Chemical Exchange: In our labs, an up-to-date chemical inventory can help avoid duplicate purchases. Chemical purchases can also be reduced by borrowing and sharing chemicals between laboratories. Departments are encouraged to exchange chemicals and lab personnel can also utilize CHEMEX: The Chemical Exchange Program through UofL's Dept. of Environmental Health & Safety (DEHS). Chemicals that are unopened or partially used are eligible for CHEMEX. Opened chemical containers must be certified as uncontaminated not expired by the offering lab. Read more: Green Scene: DEHS Chemical Exchange Program
In 2012, UofL launched a new partnership with the Gaia Movement USA to collect used clothes and shoes in light green bins set up around Belknap campus, including Miller Hall, Threlkeld Hall, behind Kurz Hall, and between Louisville Hall & University Tower Apartments.
The Gaia Movement is a non-profit organization which promotes local
sustainability through the reuse of clothes while supporting and funding
on‐going environmental and community development projects around the
world. The proceeds from Gaia’s clothing sales are used to co-fund
several environmental projects in Africa and India. Gaia funds the
Connect International Project which provides access to water and
sanitation through low cost technologies in Mozambique and Zambia. Gaia
also co-funds the Pumps for Life project in Zambia, the Biofuels project
in Guinea Bissau, and the Eco-Service Center and Solar Energy projects
in India, all of which help empower poor farming communities.
Additionally, Gaia continues to donate toys and books to children in
need and winter coats to the homeless.
From cans to magazines to batteries to computers...learn about the wide array of items that can be recycled at UofL here.
Organic wastes can be "recycled," too!Compost...It's Happening Here!
You can now compost your own plant-based organics on campus at the Garden Commons, which set up four rolling compost bins next to the greenhouse behind the Cultural Center in 2011! Compost bins are also available at the new Horticulture Zone behind the Urban Studies Institute at 426 W. Bloom St. (behind Bettie Johnson Hall). No meat, bones, or dairy products are accepted in any of these on-site composting bins. This helps reduce problems with odors and vermin.

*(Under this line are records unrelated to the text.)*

//! How an expression ends.
ghost use Rattle.ml_meaning.specs.declared.event.Event.{Event};
ghost use Rattle.ml_meaning.specs.Tellings as t;
ghost use Rattle.ml_values.specs.Givings.{Plainly, given_run};
ghost use Rattle.ml_values.specs.Shown.{value};
ghost use Rattle.ml_values.specs.Telling.{failure_of, mode_of};
ghost use Rattle.ml_steps.specs.Left.{Nexts, finished};

use crate::frame::Next;
use ml_meaning::Event;
use ml_values::{Failure, Given, Mode, Word, close, fail, leave};
use oxml_base::NoMemory;

/// The value is that of the whole expression: in tail position the region is closed and the call is
/// left.
pub fn finish<'a>(told: &mut Vec<Event>, mode: Mode, word: Word<'a>) -> Result<Next<'a>, NoMemory>
    ensures { Plainly (λ s. Nexts s told.old.items told.new.items result (t.finish Event s (mode_of mode) (value word.entry))) }
{
    close(told, mode)?;
    leave(told, mode)?;
    Ok(Next::Give(word))
}

/// The program fails.
pub fn failed<'a>(told: &mut Vec<Event>, failure: Failure) -> Result<Next<'a>, NoMemory>
    ensures { Plainly (λ s. Nexts s told.old.items told.new.items result (t.fail Event s (failure_of failure))) }
{
    let ending = fail(told, failure)?;
    Ok(Next::Stop(ending))
}

/// What an operation gave is the value of the whole, or ends the program.
pub fn finish_given<'a>(
    told: &mut Vec<Event>,
    mode: Mode,
    given: Given<'a>,
) -> Result<Next<'a>, NoMemory>
    ensures { Plainly (λ s. Nexts s told.old.items told.new.items result (finished s mode (given_run given.entry))) }
{
    match given {
        Given::Value(word) => finish(told, mode, word),
        Given::End(ending) => Ok(Next::Stop(ending)),
    }
}
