ghost use Rattle.std.specs.Prelude.{◌≡◌, ◌+◌, ◌/◌, ◌++◌, ◌&&◌, IfOk, Some, None, pos, int_le, unsigned_abs, if◌then◌else◌};
ghost use Rattle.std.specs.Fmt.{signed_decimal};
ghost use Rattle.ml_meaning.specs.Comparing.{text_order};
ghost use Rattle.ml_meaning.specs.Operations.{byte_at};

use bumpalo::Bump;
use oxml_base::NoMemory;
use std::alloc::Global;
use std::cmp::Ordering;

/// How a text stands to another, byte by byte; a text is below those that it begins.
#[tactic(auto, using(crate::proofs::Texts::order_as_slices))]
pub fn text_order(one: &[u8], other: &[u8]) -> Ordering
    ensures { result ≡ text_order one.now other.now }
{
    one.cmp(&other)
}

/// The words of a text of so many bytes: one, and one more for each eight bytes or part of them.
pub fn text_words(bytes: usize) -> u64
    ensures { result ≡ 1 + (bytes + 7) / 8 }
{
    let whole = bytes as u64 / 8;
    if bytes % 8 == 0 {
        return 1 + whole;
    }
    2 + whole
}

/// The character of this number; `None` outside 0 to 255.
pub fn byte_of(z: i64) -> Option<u8>
    ensures { result ≡ (if int_le (pos 0) z && int_le z (pos 255) then Some (unsigned_abs z) else None) }
{
    if z < 0 || z > 255 {
        return None;
    }
    Some(z as u8)
}

/// The byte at this place of a text; `None` outside it.
pub fn byte_at(bytes: &[u8], z: i64) -> Option<u8>
    ensures { result ≡ byte_at bytes.now z }
{
    if z < 0 {
        return None;
    }
    bytes.get(z as usize).copied()
}

/// The decimal form of a number, `-` before a negative one. Takes memory in the arena and, for the
/// time of the call, from the allocator.
pub fn decimal<'a>(alloc: Global, bump: &'a Bump, z: i64) -> Result<&'a [u8], NoMemory>
    ensures { IfOk result (λ text. text.now ≡ signed_decimal z) }
{
    let text = format!(in alloc; "{z}")?;
    let bytes: &'a [u8] = bump.try_alloc_slice_copy(text.as_bytes())?;
    Ok(bytes)
}

/// The bytes of one text and then of another.
pub fn join<'a>(
    alloc: Global,
    bump: &'a Bump,
    one: &[u8],
    other: &[u8],
) -> Result<&'a [u8], NoMemory>
    ensures { IfOk result (λ text. text.now ≡ one.now ++ other.now) }
{
    let mut all = Vec::with_capacity(alloc, one.len())?;
    all.extend_from_slice(one)?;
    all.extend_from_slice(other)?;
    let bytes: &'a [u8] = bump.try_alloc_slice_copy(all.as_slice())?;
    Ok(bytes)
}
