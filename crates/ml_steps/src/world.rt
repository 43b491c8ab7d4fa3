//! What stays as it is while an item is evaluated.
ghost use Rattle.std.specs.Prelude.{◌≡◌, length, slice_get};
ghost use Rattle.std.specs.Option.{option_map};
ghost use Rattle.ml_meaning.specs.declared.event.Event.{Event};
ghost use Rattle.ml_meaning.specs.Evaluation as m;
ghost use Rattle.ml_meaning.specs.Programs.{count_fields, constructors_of};
ghost use Rattle.ml_words.specs.Named.{targets};
ghost use Rattle.ml_values.specs.Shown.{value, code_of};
ghost use Rattle.ml_steps.specs.Worlds as w;

use ml_functions::Functions;
use ml_tree::{Decl, DeclBody, Ref};
use ml_values::{Code, Tools, Word};
use ml_words::{operation_arity, target};

/// A declaration of the program.
#[derive(Clone, Copy)]
pub struct Written<'a> {
    pub decl: &'a Decl,
}

/// The program with its tables, and the values of the names that the items before bound.
#[derive(Clone, Copy)]
pub struct World<'t, 'a> {
    pub tools: Tools<'a>,
    pub functions: Functions<'a>,
    /// The written declarations, in the order of the source.
    pub decls: &'a [Written<'a>],
    /// The binder of the function that `@` applies.
    pub append: u32,
    /// The values of the top-level names, by the numbers of their binders.
    pub tops: &'t [Option<Word<'a>>],
}

/// The number of the first declaration that is written.
const WRITTEN: u32 = 7;

const LIST: u32 = 5;

const OPTION: u32 = 6;

fn predefined_fields(decl: u32, place: u32) -> usize
    ensures { result ≡ w.predefined_fields decl place }
{
    if place != 1 {
        return 0;
    }
    if decl == LIST {
        return 2;
    }
    if decl == OPTION {
        return 1;
    }
    0
}

fn written_fields(body: &DeclBody, place: u32) -> usize
    ensures { result ≡ count_fields (slice_get (constructors_of body.now) place) }
{
    match body {
        DeclBody::Variant(list) => match list.get(place as usize) {
            Some(con) => con.args.len(),
            None => 0,
        },
        _ => 0,
    }
}

/// How many fields a constructor has, by its declaration and place.
fn field_total(decls: &[Written], decl: u32, place: u32) -> usize
    ensures { result ≡ w.field_total decls.now decl place }
{
    if decl < WRITTEN {
        return predefined_fields(decl, place);
    }
    match decls.get((decl - WRITTEN) as usize) {
        Some(written) => written_fields(&written.decl.body, place),
        None => 0,
    }
}

impl<'t, 'a> World<'t, 'a> {
    /// How many fields the constructor has that a node names.
    pub fn field_count(self, node: u32) -> usize
        ensures { result ≡ m.field_count Event (w.setting_of self.entry) (targets self.entry.tools.scoped.now node) }
    {
        match target(self.tools.scoped, node) {
            Some(Ref::Con(decl, place)) => field_total(self.decls, decl, place),
            _ => 1,
        }
    }

    /// How many arguments a function takes; 0 where there is none of its node.
    pub fn arity(self, code: Code) -> usize
        ensures { result ≡ m.arity Event (w.setting_of self.entry) (code_of code) }
    {
        match code {
            Code::Primitive(op) => operation_arity(op),
            Code::Source(node) => match self.functions.at(node) {
                Some(function) => function.arity(),
                None => 0,
            },
        }
    }

    /// The words of the call stack that a call weighs.
    pub fn weight(self, code: Code) -> u64
        ensures { result ≡ m.call_weight Event (w.setting_of self.entry) (code_of code) }
    {
        match code {
            Code::Primitive(_) => 64,
            Code::Source(node) => match self.functions.at(node) {
                Some(function) => function.weight,
                None => 0,
            },
        }
    }

    /// The value of a top-level name.
    pub fn top(self, name: u32) -> Option<Word<'a>>
        ensures { option_map value result ≡ w.top_value (slice_get self.entry.tops.now name) }
    {
        match self.tops.get(name as usize) {
            Some(word) => *word,
            None => None,
        }
    }
}
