//! The arms of a match, and their guards.
ghost use Rattle.std.specs.Prelude.{◌≡◌, drop};
ghost use Rattle.ml_meaning.specs.declared.event.Event.{Event};
ghost use Rattle.ml_meaning.specs.Tellings.{Setting};
ghost use Rattle.ml_values.specs.Shown.{value};
ghost use Rattle.ml_steps.specs.Left.{Steps, choose_run, step_run, taken_run};
ghost use Rattle.ml_steps.specs.Worlds.{setting_of};

use crate::finish::failed;
use crate::frame::{Here, Next, Step, Then, go_on, go_on_then};
use crate::world::World;
use ml_matching::fits;
use ml_meaning::Event;
use ml_tree::Arm;
use ml_values::{Env, Failure, Word};
use oxml_base::NoMemory;

/// The first arm from this one on whose pattern fits, up to its guard.
pub fn choose<'t, 'a>(
    world: World<'t, 'a>,
    told: &mut Vec<Event>,
    arms: &'a [Arm],
    from: usize,
    word: Word<'a>,
    here: Here<'a>,
) -> Result<Step<'a>, NoMemory>
    ensures { Steps (setting_of world.entry) told.old.items told.new.items result (choose_run (setting_of world.entry) (drop from arms.entry.now) here.entry (value word.entry)) }
{
    for at in from..arms.len() {
        let arm = &arms[at];
        if let Some(env) = fits(world.tools, &arm.pat, word, here.env)? {
            return Ok(taken(arms, at + 1, arm, word, env, here));
        }
    }
    Ok(go_on(failed(told, Failure::NoMatch)?))
}

/// An arm whose pattern fits: its guard, and without one its body. `next` is the place of the arm
/// behind it.
fn taken<'a>(
    arms: &'a [Arm],
    next: usize,
    arm: &'a Arm,
    word: Word<'a>,
    env: Env<'a>,
    here: Here<'a>,
) -> Step<'a>
    ensures { (s : Setting Event) → step_run s result ≡ taken_run s arm.entry.now here.entry env.entry (choose_run s (drop next arms.entry.now) here.entry (value word.entry)) }
{
    match &arm.guard {
        None => go_on(Next::Visit(&arm.body, here.with(env))),
        Some(guard) => go_on_then(
            Next::Visit(guard, here.with(env).inner()),
            Then::Guard {
                body: &arm.body,
                env,
                arms,
                next,
                scrutinee: word,
            },
            here,
        ),
    }
}
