//! Parts that are evaluated right to left, and what is done where the values of all are there.
ghost use Rattle.std.specs.Prelude.{◌≡◌, ◌+◌, IfOk, OnOk, Some, length};
ghost use Rattle.ml_meaning.specs.declared.event.Event.{Event};
ghost use Rattle.ml_meaning.specs.Evaluation as m;
ghost use Rattle.ml_meaning.specs.Tellings.{Setting};
ghost use Rattle.ml_values.specs.Shown.{value, values_list};
ghost use Rattle.ml_values.specs.Givings.{Plainly, given_run};
ghost use Rattle.ml_steps.specs.Left.{Nexts, Steps, arranged_parts, bound_run, built, finish_run, next_run, operated, over_applied_run, overwritten_run, parts_run, record_run};
ghost use Rattle.ml_steps.specs.Slots.{filled, shown};
ghost use Rattle.ml_steps.specs.Worlds.{setting_of};

use crate::calls::split;
use crate::finish::{failed, finish, finish_given};
use crate::frame::{Finish, Here, Next, Part, Parts, Step, Then, evaluate_then, go_on, go_on_then};
use crate::world::World;
use ml_matching::fit_binds;
use ml_meaning::Event;
use ml_tree::{Bind, Expr, FieldExpr, Op};
use ml_values::{Failure, Given, Word, Words, and, count, made, operate};
use ml_words::{field_place, operation_arity};
use oxml_base::NoMemory;

/// The next part to the left, or what is done where all values are there.
pub fn advance<'t, 'a>(
    world: World<'t, 'a>,
    told: &mut Vec<Event>,
    parts: Parts<'a>,
    left: usize,
    done: Words<'a>,
    last: Finish<'a>,
    here: Here<'a>,
) -> Result<Step<'a>, NoMemory>
    ensures { Steps (setting_of world.entry) told.old.items told.new.items result (parts_run (setting_of world.entry) parts.entry left (values_list done.entry) last.entry here.entry) }
{
    if left == 0 {
        return complete(world, told, last, done, here);
    }
    let then = Then::Parts {
        parts,
        left: left - 1,
        done,
        last,
    };
    match parts.get(left - 1) {
        Some(Part::Evaluate(e)) => Ok(evaluate_then(e, then, here)),
        Some(Part::Close(node)) => Ok(go_on_then(Next::Close(node, here.inner()), then, here)),
        None => Err(NoMemory),
    }
}

/// One word more than a block has parts.
fn block_words(parts: Words) -> Result<u64, NoMemory>
    ensures { IfOk result (λ words. words ≡ length (values_list parts.entry) + 1) }
{
    match count(parts)?.checked_add(1) {
        Some(words) => Ok(words),
        None => Err(NoMemory),
    }
}

/// A block of this place is made.
fn build<'a>(
    told: &mut Vec<Event>,
    node: u32,
    place: u32,
    parts: Words<'a>,
    here: Here<'a>,
) -> Result<Next<'a>, NoMemory>
    ensures { Plainly (λ s. Nexts s told.old.items told.new.items result (built s node (Some place) here.entry (values_list parts.entry))) }
{
    made(told, node, block_words(parts)?)?;
    finish(told, here.mode, Word::Block(place, parts))
}

/// A block is overwritten by one of this place.
fn overwrite<'a>(
    told: &mut Vec<Event>,
    node: u32,
    place: u32,
    parts: Words<'a>,
    here: Here<'a>,
) -> Result<Next<'a>, NoMemory>
    ensures { Plainly (λ s. Nexts s told.old.items told.new.items result (overwritten_run s node place here.entry (values_list parts.entry))) }
{
    let words = block_words(parts)?;
    told.push(Event::Over { node, words })?;
    finish(told, here.mode, Word::Block(place, parts))
}

/// The values in the order of the record's declaration.
fn arranged<'t, 'a>(
    world: World<'t, 'a>,
    fields: &[FieldExpr],
    parts: Words<'a>,
) -> Result<Words<'a>, NoMemory>
    ensures { IfOk result (λ words. arranged_parts (setting_of world.entry) fields.now (values_list parts.entry) ≡ Some (values_list words)) }
{
    let mut slots = Vec::new(world.tools.alloc);
    slots.resize(fields.len(), None)?;
    let mut rest = parts;
    for field in fields {
        let Words::And(pair) = rest else {
            return Err(NoMemory);
        };
        let Some(place) = field_place(world.tools.scoped, field.id) else {
            return Err(NoMemory);
        };
        fill(&mut slots, place, pair.first)?;
        rest = pair.rest;
    }
    all_there(world, slots.as_slice())
}

/// The value of a place that has none yet; the first one stays.
fn fill<'a>(slots: &mut Vec<Option<Word<'a>>>, place: u32, word: Word<'a>) -> Result<(), NoMemory>
    ensures { OnOk result (shown slots.new.items ≡ filled (shown slots.old.items) place (value word.entry)) }
{
    match slots.get(place as usize) {
        Some(None) => {
            slots[place as usize] = Some(word);
            Ok(())
        }
        Some(Some(_)) => Ok(()),
        None => Err(NoMemory),
    }
}

/// The values of all places.
fn all_there<'t, 'a>(
    world: World<'t, 'a>,
    slots: &[Option<Word<'a>>],
) -> Result<Words<'a>, NoMemory>
    ensures { IfOk result (λ words. (s : Setting Event) → m.all_there Event s (shown slots.now) ≡ Some (values_list words)) }
{
    let mut words = Words::Empty;
    let mut left = slots.len();
    while left > 0 {
        match slots[left - 1] {
            Some(word) => words = and(world.tools.bump, word, words)?,
            None => return Err(NoMemory),
        }
        left -= 1;
    }
    Ok(words)
}

/// An operation on its arguments.
fn operate_parts<'t, 'a>(
    world: World<'t, 'a>,
    told: &mut Vec<Event>,
    node: u32,
    op: Op,
    parts: Words<'a>,
    here: Here<'a>,
) -> Result<Next<'a>, NoMemory>
    ensures { Nexts (setting_of world.entry) told.old.items told.new.items result (operated (setting_of world.entry) node op here.entry (values_list parts.entry)) }
{
    let both = split(world, parts, operation_arity(op) as u64)?;
    let given = operate(world.tools, told, Some(node), op, both.first)?;
    match both.rest {
        Words::Empty => finish_given(told, here.mode, given),
        Words::And(_) => over_applied(given),
    }
}

/// What an operation gave is applied to more arguments. No operation gives a function, so it can
/// only end the program.
fn over_applied<'a>(given: Given<'a>) -> Result<Next<'a>, NoMemory>
    ensures { IfOk result (λ next. (s : Setting Event) → next_run s next ≡ over_applied_run s (given_run given.entry)) }
{
    match given {
        Given::End(ending) => Ok(Next::Stop(ending)),
        Given::Value(_) => Err(NoMemory),
    }
}

/// The values are bound in the body.
fn bind_parts<'t, 'a>(
    world: World<'t, 'a>,
    told: &mut Vec<Event>,
    binds: &'a [Bind],
    body: &'a Expr,
    parts: Words<'a>,
    here: Here<'a>,
) -> Result<Next<'a>, NoMemory>
    ensures { Nexts (setting_of world.entry) told.old.items told.new.items result (bound_run (setting_of world.entry) binds.entry.now body.entry.now here.entry (values_list parts.entry)) }
{
    match fit_binds(world.tools, binds, parts, here.env)? {
        Some(env) => Ok(Next::Visit(body, here.with(env))),
        None => failed(told, Failure::NoMatch),
    }
}

/// A record is made.
fn build_record<'t, 'a>(
    world: World<'t, 'a>,
    told: &mut Vec<Event>,
    node: u32,
    fields: &'a [FieldExpr],
    parts: Words<'a>,
    here: Here<'a>,
) -> Result<Next<'a>, NoMemory>
    ensures { Nexts (setting_of world.entry) told.old.items told.new.items result (record_run (setting_of world.entry) node fields.entry.now here.entry (values_list parts.entry)) }
{
    let parts = arranged(world, fields, parts)?;
    build(told, node, 0, parts, here)
}

/// What is done with the values of all parts.
pub fn complete<'t, 'a>(
    world: World<'t, 'a>,
    told: &mut Vec<Event>,
    last: Finish<'a>,
    parts: Words<'a>,
    here: Here<'a>,
) -> Result<Step<'a>, NoMemory>
    ensures { Steps (setting_of world.entry) told.old.items told.new.items result (finish_run (setting_of world.entry) last.entry here.entry (values_list parts.entry)) }
{
    match last {
        Finish::Build(node, place) => Ok(go_on(build(told, node, place, parts, here)?)),
        Finish::Record(node, fields) => Ok(go_on(build_record(
            world, told, node, fields, parts, here,
        )?)),
        Finish::Operate(node, op) => Ok(go_on(operate_parts(world, told, node, op, parts, here)?)),
        Finish::Apply(node, function) => Ok(evaluate_then(
            function,
            Then::Callee(node, parts),
            here,
        )),
        Finish::Bind(binds, body) => Ok(go_on(bind_parts(world, told, binds, body, parts, here)?)),
        Finish::Overwrite(node, place) => Ok(go_on(overwrite(told, node, place, parts, here)?)),
    }
}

UofL has been turning campus grounds waste into valuable compost and mulch on site for many years. UofL's research facilities also generate about 400 tons/year of waste animal
bedding. This used to be sent to the landfill, but in February 2012,
UofL began sending this waste stream to off-site composting facilities, where it is turned into an environmentally-responsible soil amendment.
In July 2010, UofL volunteers began on-site composting of pre-consumer plant-based food waste from our dining facility kitchens. In March 2012, UofL established a new sub-contract with Blue Skies Recycling
for collection and twice-weekly pick-up of all food wastes from UofL
dining facilities as well as our Early Learning Campus. This allows us to compost both pre- and
post-consumer food wastes, meats, bones, and dairy-products, totaling over 200,000 pounds/year.
The new Cardinal Burger Company on the second level of the
Student Activities Center not only features local food, but everything
CBC serves and everything it is served on is compostable! When dining
with us, please refrain from tossing your garbage in the compost bin
(there's a landfill trash can by the door for those who need it).